[Stored data]
——

/// The same flaw of all four.
fn any(kind: ReadKind, at: u64) -> Flaws {
    [flaw(kind, at); 4]
}

/// A flaw of the two large ones.
fn large(kind: ReadKind, at: u64) -> Flaws {
    [None, None, flaw(kind, at), flaw(kind, at)]
}

/// A flaw of all but 1.
fn not_one(kind: ReadKind, at: u64) -> Flaws {
    [flaw(kind, at), None, flaw(kind, at), flaw(kind, at)]
}

/// Storage of threads, as the flaw of the largest.
fn tls(at: u64) -> Flaws {
    [None, None, None, flaw(Unsupported(Feature::Tls), at)]
}

/// A flaw of 0, one of 1, and of the two large ones that the section passes the end of the file at `at`.
fn range(zero: ReadKind, at_zero: u64, one: ReadKind, at_one: u64, at: u64) -> Flaws {
    let past = flaw(SectionRange, at);
    [flaw(zero, at_zero), flaw(one, at_one), past, past]
}

/// Asserts the flaws of fields of headers, each given by its place and width.
fn assert_field_flaws(rt: &impl Abort, alloc: Global, rows: &[(usize, usize, Flaws)]) {
    for (place, width, flaws) in rows {
        assert!(rt; *place <= 704 && *width <= 8);
        for (value, flaw) in [0, 1, 712, u64::MAX].iter().zip(flaws) {
            let mut bytes = OBJECT;
            bytes[*place..*place + *width].copy_from_slice(&value.to_le_bytes()[..*width]);
            let read = read_object(alloc, &bytes);
            assert_eq!(rt; read.err(), flaw.map(ReadError::Flaw));
        }
    }
}

#[test]
fn tells_a_field_of_the_file_header_that_is_off(rt: HostRuntime) {
    let extended = Unsupported(Feature::Extended);
    let table = |at: u64| flaw(SectionTable, at);
    let rows = [
        (16, 2, not_one(Head(HeadFault::FileType), 16)),
        (18, 2, any(Head(HeadFault::Machine), 18)),
        (20, 4, not_one(Head(HeadFault::FileVersion), 20)),
        (24, 8, [None; 4]),
        (32, 8, [None; 4]),
        (40, 8, [table(62), table(62), table(40), table(40)]),
        (48, 4, [None; 4]),
        (52, 2, any(Head(HeadFault::HeadSize), 52)),
        (54, 2, [None; 4]),
        (56, 2, [None; 4]),
        (58, 2, any(Head(HeadFault::SectionSize), 58)),
        (60, 2, [flaw(extended, 60), table(62), table(40), table(40)]),
        (62, 2, [table(62), table(62), table(62), flaw(extended, 62)]),
    ];
    assert_field_flaws(&rt, rt.alloc(), &rows);
}

#[test]
fn reads_any_values_in_the_header_of_section_0(rt: HostRuntime) {
    let rows = [
        (268, 4, [None; 4]),
        (272, 8, [None; 4]),
        (288, 8, [None; 4]),
        (296, 8, [None; 4]),
    ];
    assert_field_flaws(&rt, rt.alloc(), &rows);
}

#[test]
fn tells_a_field_of_the_header_of_text_that_is_off(rt: HostRuntime) {
    let rows = [
        (328, 4, large(NameRange, 328)),
        (332, 4, not_one(Unsupported(Feature::SectionType), 332)),
        (336, 8, tls(336)),
        (344, 8, [None; 4]),
        (352, 8, large(SectionRange, 352)),
        (360, 8, range(RelaPlace, 80, RelaPlace, 80, 352)),
        (368, 4, [None; 4]),
        (372, 4, [None; 4]),
        (376, 8, large(Align, 376)),
        (384, 8, [None; 4]),
    ];
    assert_field_flaws(&rt, rt.alloc(), &rows);
}

#[test]
fn tells_a_field_of_the_header_of_relocations_that_is_off(rt: HostRuntime) {
    let past = flaw(SectionRange, 416);
    let rows = [
        (392, 4, large(NameRange, 392)),
        (396, 4, [None; 4]),
        (400, 8, tls(400)),
        (416, 8, range(RelaPlace, 0, RelaLink, 9, 416)),
        (424, 8, [None, flaw(RelaLink, 424), past, past]),
        (432, 4, any(RelaLink, 432)),
        (436, 4, large(RelaLink, 436)),
        (448, 8, any(RelaLink, 448)),
    ];
    assert_field_flaws(&rt, rt.alloc(), &rows);
}

#[test]
fn tells_a_field_of_the_header_of_symbols_that_is_off(rt: HostRuntime) {
    let locals = flaw(SymbolTable, 500);
    let rows = [
        (456, 4, large(NameRange, 456)),
        (460, 4, any(RelaLink, 432)),
        (464, 8, tls(464)),
        (480, 8, range(SymbolSection, 30, SymbolSection, 31, 480)),
        (488, 8, range(SymbolTable, 488, SymbolTable, 488, 480)),
        (496, 4, any(SymbolTable, 496)),
        (500, 4, [locals, flaw(SymbolTable, 156), locals, locals]),
        (512, 8, any(SymbolTable, 512)),
    ];
    assert_field_flaws(&rt, rt.alloc(), &rows);
}

#[test]
fn tells_a_field_of_the_headers_of_string_tables_that_is_off(rt: HostRuntime) {
    let rows = [
        // .strtab
        (520, 4, large(NameRange, 520)),
        (524, 4, any(SymbolTable, 496)),
        (544, 8, large(SectionRange, 544)),
        (552, 8, range(NameRange, 152, NameRange, 176, 544)),
        // .shstrtab
        (588, 4, any(SectionTable, 62)),
        (608, 8, large(SectionRange, 608)),
        (616, 8, range(NameRange, 328, NameRange, 328, 608)),
    ];
    assert_field_flaws(&rt, rt.alloc(), &rows);
}

#[test]
fn tells_a_field_of_the_header_of_a_group_that_is_off(rt: HostRuntime) {
    let rows = [
        (652, 4, [None; 4]),
        (672, 8, range(GroupForm, 0, GroupForm, 1, 672)),
        (680, 8, range(GroupForm, 680, GroupForm, 680, 672)),
        (688, 4, any(GroupForm, 688)),
        (692, 4, not_one(GroupForm, 692)),
    ];
    assert_field_flaws(&rt, rt.alloc(), &rows);
}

——

The required output is the stretch of entries above from the line containing "let table = |at: u64|" through the line containing "(24, 8, [None;", reproduced exactly.

#### Answer for the task:
    let table = |at: u64| flaw(SectionTable, at);
    let rows = [
        (16, 2, not_one(Head(HeadFault::FileType), 16)),
        (18, 2, any(Head(HeadFault::Machine), 18)),
        (20, 4, not_one(Head(HeadFault::FileVersion), 20)),
        (24, 8, [None; 4]),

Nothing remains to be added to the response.